> _YOUR TASK_: Scan the entries that follow and copy out every line containing "changes".

> _DATASET_:

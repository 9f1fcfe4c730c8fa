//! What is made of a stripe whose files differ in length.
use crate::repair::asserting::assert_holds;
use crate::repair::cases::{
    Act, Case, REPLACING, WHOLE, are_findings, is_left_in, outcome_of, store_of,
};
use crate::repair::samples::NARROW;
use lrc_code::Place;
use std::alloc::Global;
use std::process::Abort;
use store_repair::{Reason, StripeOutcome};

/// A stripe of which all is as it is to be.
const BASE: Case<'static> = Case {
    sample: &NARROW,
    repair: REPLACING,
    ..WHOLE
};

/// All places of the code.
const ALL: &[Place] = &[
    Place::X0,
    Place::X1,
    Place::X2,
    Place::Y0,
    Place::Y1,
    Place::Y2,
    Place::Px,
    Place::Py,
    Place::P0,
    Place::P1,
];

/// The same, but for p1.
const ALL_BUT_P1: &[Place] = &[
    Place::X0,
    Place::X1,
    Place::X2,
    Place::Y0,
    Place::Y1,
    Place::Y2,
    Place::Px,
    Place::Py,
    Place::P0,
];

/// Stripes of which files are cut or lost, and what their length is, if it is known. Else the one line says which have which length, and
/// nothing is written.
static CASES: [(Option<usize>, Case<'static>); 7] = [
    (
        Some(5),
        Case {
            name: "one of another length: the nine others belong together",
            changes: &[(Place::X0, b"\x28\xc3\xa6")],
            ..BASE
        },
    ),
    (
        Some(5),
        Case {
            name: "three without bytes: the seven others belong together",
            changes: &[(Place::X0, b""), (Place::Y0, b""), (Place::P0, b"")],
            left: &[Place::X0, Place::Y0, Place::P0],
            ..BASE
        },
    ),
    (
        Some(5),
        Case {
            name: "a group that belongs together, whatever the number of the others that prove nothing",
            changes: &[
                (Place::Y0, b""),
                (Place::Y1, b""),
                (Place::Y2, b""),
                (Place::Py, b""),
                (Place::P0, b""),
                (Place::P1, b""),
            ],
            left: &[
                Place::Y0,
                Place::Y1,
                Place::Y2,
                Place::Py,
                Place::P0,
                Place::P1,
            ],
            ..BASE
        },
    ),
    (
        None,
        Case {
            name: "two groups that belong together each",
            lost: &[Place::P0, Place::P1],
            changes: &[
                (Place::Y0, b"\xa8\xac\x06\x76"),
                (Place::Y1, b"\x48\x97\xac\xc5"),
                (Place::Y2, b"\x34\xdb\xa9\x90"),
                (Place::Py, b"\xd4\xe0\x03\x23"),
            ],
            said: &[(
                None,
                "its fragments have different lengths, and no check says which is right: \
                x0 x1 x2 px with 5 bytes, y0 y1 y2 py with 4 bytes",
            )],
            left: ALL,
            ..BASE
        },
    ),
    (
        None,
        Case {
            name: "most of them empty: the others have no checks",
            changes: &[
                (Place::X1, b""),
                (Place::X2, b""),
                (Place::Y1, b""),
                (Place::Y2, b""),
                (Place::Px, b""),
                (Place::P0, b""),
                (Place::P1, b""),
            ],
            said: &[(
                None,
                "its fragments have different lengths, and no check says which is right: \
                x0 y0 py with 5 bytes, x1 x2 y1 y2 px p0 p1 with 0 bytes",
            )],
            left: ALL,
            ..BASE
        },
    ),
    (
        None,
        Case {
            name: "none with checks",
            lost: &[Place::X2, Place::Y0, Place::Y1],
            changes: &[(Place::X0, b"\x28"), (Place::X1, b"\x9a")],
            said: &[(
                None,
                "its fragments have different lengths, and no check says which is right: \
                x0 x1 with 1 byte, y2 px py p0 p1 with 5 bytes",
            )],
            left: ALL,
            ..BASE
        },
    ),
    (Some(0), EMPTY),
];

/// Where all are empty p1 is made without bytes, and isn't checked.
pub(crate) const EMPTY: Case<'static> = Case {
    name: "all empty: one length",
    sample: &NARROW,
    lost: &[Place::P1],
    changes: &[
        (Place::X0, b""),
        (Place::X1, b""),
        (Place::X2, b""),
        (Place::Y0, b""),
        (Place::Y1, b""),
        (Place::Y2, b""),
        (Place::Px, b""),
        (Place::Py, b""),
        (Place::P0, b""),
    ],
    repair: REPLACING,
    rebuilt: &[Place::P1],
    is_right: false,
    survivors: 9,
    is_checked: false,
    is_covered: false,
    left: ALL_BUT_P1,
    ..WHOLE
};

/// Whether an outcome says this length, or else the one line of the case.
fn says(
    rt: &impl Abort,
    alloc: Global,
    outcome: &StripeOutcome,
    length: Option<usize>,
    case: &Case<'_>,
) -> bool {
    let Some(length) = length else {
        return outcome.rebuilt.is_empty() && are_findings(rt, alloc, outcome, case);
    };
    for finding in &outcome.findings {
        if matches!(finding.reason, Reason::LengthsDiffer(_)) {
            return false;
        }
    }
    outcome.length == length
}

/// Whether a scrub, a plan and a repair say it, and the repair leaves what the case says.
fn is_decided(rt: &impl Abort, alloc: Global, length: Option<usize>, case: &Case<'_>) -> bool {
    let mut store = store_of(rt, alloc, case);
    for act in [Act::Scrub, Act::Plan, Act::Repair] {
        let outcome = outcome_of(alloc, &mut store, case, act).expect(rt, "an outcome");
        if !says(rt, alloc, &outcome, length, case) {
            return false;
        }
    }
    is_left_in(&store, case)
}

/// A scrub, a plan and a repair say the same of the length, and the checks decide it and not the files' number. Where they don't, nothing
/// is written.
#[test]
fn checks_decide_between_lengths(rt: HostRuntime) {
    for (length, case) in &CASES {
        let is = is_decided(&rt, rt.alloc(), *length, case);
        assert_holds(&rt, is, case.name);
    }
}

> _ANSWER SECTION_:
            changes: &[(Place::X0, b"\x28\xc3\xa6")],
            changes: &[(Place::X0, b""), (Place::Y0, b""), (Place::P0, b"")],
            changes: &[
            changes: &[
            changes: &[
            changes: &[(Place::X0, b"\x28"), (Place::X1, b"\x9a")],
    changes: &[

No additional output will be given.